You can also use the positional argument to revert the output:
``` python
print('{1:.0f} is the square of {0:n}'.format(2, 4.000))
    Out: 4 is the square of 2
```

**Note**: 
- About `conversion field`: There are 3 possible conversions flags: `!s` which calls [str()](https://docs.python.org/3/library/stdtypes.html#str) on the value, `!r` which calls [repr()](https://docs.python.org/3/library/functions.html#repr) and `!a` which calls [ascii()](https://docs.python.org/3/library/functions.html#ascii).
- About `format_spec`: The general form of the formatter is
``` python
format_spec     ::=  [[fill]align][sign][#][0][width][grouping_option][.precision][type]
fill            ::=  <any character>
align           ::=  "<" | ">" | "=" | "^"
sign            ::=  "+" | "-" | " "
width           ::=  digit+
grouping_option ::=  "_" | ","
precision       ::=  digit+
type            ::=  "b" | "c" | "d" | "e" | "E" | "f" | "F" | "g" | "G" | "n" | "o" | "s" | "x" | "X" | "%"
```
See https://docs.python.org/3/library/string.html#format-specification-mini-language

In [None]:
# Experiment with the above examples 

In [None]:
# Create three float variables a, b, c and give them some value (e.g. a=2.3, b=3, c=-5). 
# Print the sentence: `a=2.00, b=3 and c=-5.00e+00` using the formating format described above.

In [None]:
# Create a 1-D array of 5 floats and print their value with 2 digits floats.

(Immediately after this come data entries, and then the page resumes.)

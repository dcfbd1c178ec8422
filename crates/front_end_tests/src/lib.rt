//! Tests of the crates that read, copy and generate, and of numbers: of what no clause of a
//! contract says.
//!
//! They are here, over the finished crates, since a crate with tests of its own is proved twice. A
//! module names the part that it tests.
#![tactic(auto)]

#[cfg(test)]
mod conditions;
#[cfg(test)]
mod copying;
#[cfg(test)]
mod errors;
#[cfg(test)]
mod lines;
#[cfg(test)]
mod masks;
#[cfg(test)]
mod nested;
#[cfg(test)]
mod numbers;
#[cfg(test)]
mod orders;
#[cfg(test)]
mod pictures;
#[cfg(test)]
mod stored;
#[cfg(test)]
mod streams;
#[cfg(test)]
mod texts;
#[cfg(test)]
mod tokens;
#[cfg(test)]
mod words;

TIP: use list comprehension

**Note**: There is another very useful way in python to save "full objects" and access and use them later using all their characteristics. This can be done by importing the `pickle` [module](https://docs.python.org/2/library/pickle.html), or even better (faster) [cPickle]( http://docs.python.org/library/pickle.html#module-cPickle). When you want to write a pickle into a file, simply open your file (`pkl_file = open()`), use `pickle.dump(obj, pkl_file, protocol=-1)`, and close your file (`pkl_file.close()`). To read an object saved in a pickle file, you can follow the same procedure but use `	obj = pickle.load(pkl_file)` instead of `pickle.dump()`. The `pandas` module also allows you to read/write pickle objects: see `pandas.read_pickle()` and `pandas.to_pickle()`

### II.6 Other useful numpy function:  <a class="anchor" id="II.6a"></a>

You'll find below a non exhaustive list of numpy functions that you may find useful when manipulating arrays. 

#### Sort, transform
- `np.sort(a)`: Returns sorted copy of an array along a specific axis (default = last axis)
- `np.absolute(a)`: Calculates absolute value element-wise 
- `np.concatenate(a1, a2, ...)`: Join a sequence of arrays along an existing axis.
- `np.hstack(tup)`: Stack arrays in sequence horizontally (column wise).
- `np.vstack(tup)`: Stack arrays in sequence vertically (row wise).

#### Search

- `np.nonzero()`: Return the indices of the elements that are non-zero. Returns indices of "True" if array of booleans. 
- `np.where(condition, [x, y])`: Return elements chosen from `x` or `y` depending on `condition`. If only condition is provided, it returns e.g. the indices for which the condition is verified. The function is then a shorthand for `np.asarray(condition).nonzero()`. Using `nonzero` directly should be preferred, as it behaves correctly for subclasses. 
- `np.searchsorted(a, v)`: Find indices where elements should be inserted to maintain order.
- `np.intersect1d(ar1, ar2)`: Intersection of 2 arrays. 
- `np.isnan()`: Test element-wise for NaN and return result as a boolean array.
- `np.setdiff1d(ar1, ar2)`: Return the unique values in `ar1` that are not in `ar2`.

#### Operations

- `np.convolve(a, v, mode='full')`: Returns the discrete, linear convolution of two one-dimensional sequences. 
- `np.nanmin(), np.nanmax(), np.nanmean(), np.nanmedian()`: Calculates min, max, mean, meadian of an array but ignoring NaNs. 
- `np.deg2rad()`, `np.rad2deg()`: converts degrees to radians and vice versa 
- `np.trapz(y)`: Integrate along the given axis using the composite trapezoidal rule.